(Saved data entries)
---
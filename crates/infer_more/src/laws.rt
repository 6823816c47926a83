//! Facts about the definitions, each the contract of a function that does nothing beside, but for calls of other laws. To
//! use a law, call it.
ghost use Rattle.std.specs.Prelude.{◌≡◌, ◌↔◌, ◌+◌, ℕ, IsTrue, List, Some, length};
ghost use Rattle.std.specs.List.{list_all};
ghost use Rattle.infer.specs.declared.table.rows.TheConstants.{ROW_COUNT};
ghost use Rattle.infer_more.specs.Described.{DescribesRows};
ghost use Rattle.infer_more.specs.Line.{Row};
ghost use Rattle.infer_more.specs.Text.{rows_of};
ghost use Rattle.infer_more.specs.Laws.{AllAreBelow, AllLast, IsSteady, NoneIsBlank, OthersAreLost, OwnTextsFit, ShowsBuiltIn, TextsFit};
ghost use Rattle.infer_more.specs.Samples.{AllReach, has_room};
ghost use Rattle.infer_more.specs.Table.{further};
ghost use Rattle.infer_more.specs.Wider.{shown};
ghost use Rattle.infer_more.specs.declared.index.generated.TheConstants.{FURTHER_COUNT};
ghost use Rattle.infer_more.specs.declared.samples.TheConstants.{SAMPLE_SIZE};

/// A yes stays a yes, but of JSON, JSON lines and plain text: what the signature of a further row accepts, it accepts however
/// the buffer goes on. Of each of these three some buffer loses it.
#[tactic(auto, using(crate::proofs::LawLemmas::all_last, crate::proofs::LostLemmas::others_lost))]
pub fn lasting()
    ensures lasting { AllLast }
    ensures lost { OthersAreLost }
{
    infer_formats::laws::growth();
    infer_sig::laws::growth();
    infer_formats::laws::single();
}

/// As long as the built-in answer stays, bytes after a buffer never make its first further row a later one, unless that is
/// one of these three.
#[tactic(auto, using(crate::proofs::LawLemmas::steady))]
pub fn index()
    ensures { IsSteady }
{
    lasting();
}

/// No further row but plain text accepts a buffer of white space, and none the empty one.
pub fn blank()
    ensures { NoneIsBlank }
{
    infer_formats::laws::leads();
    infer_sig::laws::by_place();
}

/// The wider answer contradicts no built-in one: if it is a further row, the built-in answer is that row's parent, and
/// none if it has no parent. Otherwise both are the same.
#[tactic(auto, using(crate::proofs::BelowLemmas::all_below))]
pub fn below()
    ensures { AllAreBelow }
{}

/// Every further row is the wider answer of some buffer: of its sample.
#[tactic(auto, using(crate::proofs::SampleLemmas::row_reaches))]
pub fn reach()
    ensures { AllReach }
{
    infer::laws::leads();
    infer_sig::laws::by_place();
    infer_deep::laws::apart();
    infer_formats::laws::leads();
    infer_formats::laws::single();
}

/// Every sample of a further row has room for what it holds.
pub(crate) fn room()
    ensures { IsTrue (list_all has_room further) }
{}

/// How many rows there are, that each built-in row is the row of its number among all, and how long a sample may be.
pub fn numbers()
    ensures many { length shown ≡ ROW_COUNT + FURTHER_COUNT }
    ensures built_in { ShowsBuiltIn }
    ensures longest { SAMPLE_SIZE ≡ 32774 }
{
    infer::rows::numbers();
}

/// No MIME type and no extension of a row, built-in or further, has more than 73 bytes.
#[tactic(auto, using(crate::proofs::SizeLemmas::texts_fit))]
pub fn sizes()
    ensures { TextsFit 73 }
{}

/// Nor has one of an answer with types of a text more than 255.
pub fn own_sizes()
    ensures { OwnTextsFit }
{
    sizes();
}

/// The rows that are read of a text of types are those that it describes.
#[tactic(auto, using(crate::proofs::DescribedLemmas::described_rows, crate::proofs::DescribedLemmas::rows_described))]
pub fn described()
    ensures { (text : List ℕ) (rows : List Row) → rows_of text ≡ Some rows
        ↔ DescribesRows text rows }
{}
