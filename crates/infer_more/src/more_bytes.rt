//! What the bytes after a buffer can bring a signature, and what they can take from it.
ghost use Rattle.std.specs.Prelude.{◌≡◌, IsTrue, map};
ghost use Rattle.infer_deep.specs.Signatures.{MayBecome};
ghost use Rattle.infer_formats.specs.Open.{Stays};
ghost use Rattle.infer_sig.specs.Open.{may_fit, may_have};
ghost use Rattle.infer_more.specs.Listed.{alternative_listed, bytes_listed, part_listed, signature_listed};
ghost use Rattle.infer_more.specs.Open.{are_fixed, are_sound, is_fixed, is_one_or_lasts, is_sound};
ghost use Rattle.infer_notation.specs.Alternative.{Accepted, Fits};

use crate::laws::lasting;
use crate::row_data::{Alternative, Bytes, Piece, asked, pieces_of, relation_at};
use crate::signature::{is_among, is_between};
use infer_deep::places::may_stand_at;

/// Whether some bytes after the buffer, or none, may make the signature accept it: a no is certain, and so is a yes of
/// bytes at fixed places.
pub(super) fn may_become_accepted(signature: &[Alternative], buf: &[u8]) -> bool
    requires { IsTrue (are_sound (signature_listed signature.now)) }
    ensures may { MayBecome (Accepted (signature_listed signature.now)) buf.now → IsTrue result }
    ensures exact { IsTrue (are_fixed (signature_listed signature.now)) → IsTrue result
        → MayBecome (Accepted (signature_listed signature.now)) buf.now }
{
    for alternative in signature {
        if may_fit(alternative, buf) {
            return true;
        }
    }
    false
}

/// Whether some may make it have what this alternative asks.
fn may_fit(alternative: &Alternative, buf: &[u8]) -> bool
    requires { IsTrue (is_sound (alternative_listed alternative.now)) }
    ensures may { MayBecome (Fits (alternative_listed alternative.now)) buf.now → IsTrue result }
    ensures exact { IsTrue (is_fixed (alternative_listed alternative.now)) → IsTrue result
        → MayBecome (Fits (alternative_listed alternative.now)) buf.now }
{
    infer_sig::laws::growth();
    infer_sig::laws::open();
    match alternative {
        Alternative::Bytes(bytes) => may_have_bytes(bytes, buf),
        Alternative::BinaryBytes(bytes) => may_have_bytes(bytes, buf),
        Alternative::Related(number) => relation_at(*number).may_fit(buf),
    }
}

/// Whether the buffer has every piece as far as it goes.
#[tactic(auto, using(std::proofs::lemmas::List::Folds::list_all_at, crate::proofs::ListLemmas::all_of_all, infer_evidence::proofs::ListedLemmas::list_all_map, crate::proofs::ListLemmas::one_more))]
fn may_have_bytes(bytes: &Bytes, buf: &[u8]) -> bool
    ensures { result ≡ may_fit buf.now (bytes_listed bytes.now) }
{
    for piece in pieces_of(bytes) {
        if !may_have(piece, buf) {
            return false;
        }
    }
    true
}

/// Whether it has what the piece asks as far as it goes.
fn may_have(piece: &Piece, buf: &[u8]) -> bool
    ensures { result ≡ may_have buf.now (part_listed piece.now) }
{
    match piece {
        Piece::OneOf(place, bytes) => {
            buf.len() <= *place || is_among(buf[*place], asked(*bytes))
        }
        Piece::At(place, text) => may_stand_at(buf, asked(*text), *place),
        Piece::Between(place, low, high) => {
            buf.len() <= *place || is_between(buf[*place], *low, *high)
        }
    }
}

/// Whether the signature, which accepts the buffer, does so whatever bytes follow, as far as this can say: a yes is certain.
pub(super) fn stays_accepted(signature: &[Alternative], buf: &[u8]) -> bool
    requires accepts { Accepted (signature_listed signature.now) buf.now }
    requires known { IsTrue (is_one_or_lasts (signature_listed signature.now)) }
    ensures { IsTrue result → Stays (Accepted (signature_listed signature.now)) buf.now }
{
    lasting();
    match signature {
        [alternative] => stays(alternative, buf),
        _ => true,
    }
}

/// Whether the buffer, which has what the alternative asks, has it whatever bytes follow.
#[tactic(auto, using(crate::proofs::OpenLemmas::fit_stays))]
fn stays(alternative: &Alternative, buf: &[u8]) -> bool
    requires { Fits (alternative_listed alternative.now) buf.now }
    ensures { IsTrue result → Stays (Fits (alternative_listed alternative.now)) buf.now }
{
    lasting();
    match alternative {
        Alternative::Bytes(_) => true,
        Alternative::BinaryBytes(_) => true,
        Alternative::Related(number) => relation_at(*number).stays(buf),
    }
}
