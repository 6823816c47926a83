//! The further rows as data. The prover reads numbers and texts at once, but references one by one: so the rows, their
//! alternatives and the pieces of these are lists of numbers, their texts are three in all, and relations alone, which
//! hold references, stand in short lists.
ghost use Rattle.std.specs.Prelude.{◌≡◌, ◌+◌, IfSome, IsAscii, IsTrue, map, option_map, slice_get};
ghost use Rattle.infer_formats.specs.Relation.{relation_listed};
ghost use Rattle.infer_more.specs.Listed.{alternatives_of, asked, ended_of, pieces_of, relation_at, relations, row_listed};
ghost use Rattle.infer_evidence.specs.Spans.{stretch};
ghost use Rattle.infer_more.specs.Ended.{ended_listed, ended_shown};
ghost use Rattle.infer_more.specs.Row.{is_row_closed};
ghost use Rattle.infer_more.specs.Table.{further};

use infer::MatcherType;
use infer_evidence::{Span, text_at};
use infer_formats::relation::Relation;

/// The texts of a row, each with a zero after it, as C wants them.
#[derive(Clone, Copy)]
pub struct EndedTexts {
    pub mime_type: &'static str,
    pub extension: &'static str,
}

/// What a signature asks of places. What it asks for there is a span of what all rows ask for.
pub(crate) enum Piece {
    /// At the place one of these bytes.
    OneOf(usize, Span),
    /// These bytes, from the place on.
    At(usize, Span),
    /// At the place a byte from the first to the second.
    Between(usize, u8, u8),
}

/// A least length, and where the pieces stand among those of all rows.
pub(crate) struct Bytes {
    pub least: usize,
    pub pieces: Span,
}

/// One of the alternatives of a signature: bytes at fixed places, these and a byte of binary data, or the relation of that
/// number.
pub(crate) enum Alternative {
    Bytes(Bytes),
    BinaryBytes(Bytes),
    Related(usize),
}

/// A further row: what it shows, the number of its parent among the built-in rows if it has one, and where its alternatives
/// stand among those of all rows. A row without an alternative accepts nothing.
pub(crate) struct FurtherRow {
    pub matcher_type: MatcherType,
    pub mime_type: Span,
    pub extension: Span,
    pub parent: Option<usize>,
    pub signature: Span,
}

macro_rules! span {
    ($start:literal $count:literal) => {
        infer_evidence::Span {
            start: $start,
            count: $count,
        }
    };
}

macro_rules! piece {
    (At $place:literal $start:literal $count:literal) => {
        At($place, span!($start $count))
    };
    (OneOf $place:literal $start:literal $count:literal) => {
        OneOf($place, span!($start $count))
    };
    (Between $place:literal $low:literal $high:literal) => {
        Between($place, $low, $high)
    };
}

macro_rules! alternative {
    (Related $number:literal) => {
        Alternative::Related($number)
    };
    ($kind:ident $least:literal $start:literal $count:literal) => {
        Alternative::$kind(Bytes {
            least: $least,
            pieces: span!($start $count),
        })
    };
}

macro_rules! parent {
    () => {
        None
    };
    ($parent:ident) => {
        Some($parent)
    };
}

// A line each.
macro_rules! pieces {
    ($($kind:ident $place:literal $first:literal $second:literal;)*) => {
        [$(piece!($kind $place $first $second)),*]
    };
}

macro_rules! alternatives {
    ($($kind:ident $($number:literal)*;)*) => {
        [$(alternative!($kind $($number)*)),*]
    };
}

macro_rules! rows {
    ($($class:ident $mime_type:literal $mime_length:literal $extension:literal $length:literal $first:literal $count:literal $($parent:ident)?;)*) => {
        [$(FurtherRow {
            matcher_type: MatcherType::$class,
            mime_type: span!($mime_type $mime_length),
            extension: span!($extension $length),
            parent: parent!($($parent)?),
            signature: span!($first $count),
        }),*]
    };
}

pub(crate) use span;

mod generated;
mod relations;

use generated::{all_alternatives, all_pieces, all_rows, asked_texts, extensions, mime_types};
use relations::list_of;

/// What stands for a relation whose number is too great.
static NO_RELATION: Relation<'static> = Relation::PlainText;

/// The MIME type of a row.
pub(crate) fn mime_type(row: &FurtherRow) -> &'static str
    ensures { result.now ≡ (row_listed row.now).shows.mime_type }
{
    row.mime_type.of_text(mime_types())
}

/// Its extension.
pub(crate) fn extension(row: &FurtherRow) -> &'static str
    ensures { result.now ≡ (row_listed row.now).shows.extension }
{
    row.extension.of_text(extensions())
}

/// What stands at a span of texts that have a zero after each, and the zero.
fn ended_text(texts: &'static str, span: Span) -> &'static str
    requires { IsAscii texts.now }
    ensures { result.now ≡ stretch texts.now span.start (span.count + 1) }
{
    text_at(texts, usize::from(span.start), usize::from(span.count) + 1)
}

/// Both, each with a zero after it.
fn ended(row: &FurtherRow) -> EndedTexts
    ensures { ended_listed result ≡ ended_of row.now }
{
    EndedTexts {
        mime_type: ended_text(mime_types(), row.mime_type),
        extension: ended_text(extensions(), row.extension),
    }
}

/// The bytes at a span of what rows ask for.
#[inline(always)]
pub(crate) fn asked(span: Span) -> &'static [u8]
    ensures { result.now ≡ asked span }
{
    span.of(asked_texts())
}

/// The pieces of an alternative.
#[inline(always)]
pub(crate) fn pieces_of(bytes: &Bytes) -> &'static [Piece]
    ensures { result.now ≡ pieces_of bytes.now }
{
    bytes.pieces.of(all_pieces())
}

/// The alternatives of a row.
#[inline(always)]
pub(crate) fn alternatives_of(row: &FurtherRow) -> &'static [Alternative]
    ensures { result.now ≡ alternatives_of row.now }
{
    row.signature.of(all_alternatives())
}

/// The relation of that number, by one look at its list.
fn relation_in_lists(number: usize) -> Option<&'static Relation<'static>>
    ensures { option_map (λ r. relation_listed r.now) result ≡ slice_get relations number }
{
    let Some((first, relations)) = list_of(number) else {
        return None;
    };
    match relations.get(number - first) {
        Some(relation) => Some(relation),
        None => None,
    }
}

/// The relation of that number, and plain text for a number too great.
pub(crate) fn relation_at(number: usize) -> &'static Relation<'static>
    ensures { relation_listed result.now ≡ relation_at number }
{
    let Some(relation) = relation_in_lists(number) else {
        return &NO_RELATION;
    };
    relation
}

/// Row `i`.
#[inline(always)]
pub(crate) fn row_at(i: usize) -> Option<&'static FurtherRow>
    ensures listed { option_map (λ row. row_listed row.now) result ≡ slice_get further i }
    ensures closed { IfSome result (λ row. IsTrue (is_row_closed (row_listed row.now))) }
{
    match all_rows().get(i) {
        Some(row) => Some(row),
        None => None,
    }
}

/// The texts of row `i`, each with a zero after it.
pub(crate) fn ended_at(i: usize) -> Option<EndedTexts>
    ensures { option_map ended_listed result
        ≡ option_map (λ r. ended_shown r.shows) (slice_get further i) }
{
    match all_rows().get(i) {
        Some(row) => Some(ended(row)),
        None => None,
    }
}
---
▸ **Task item**: Answer with a single number: the count of lines in the entries that hold the word "FurtherRow".

▸ **Result of this exercise**: 7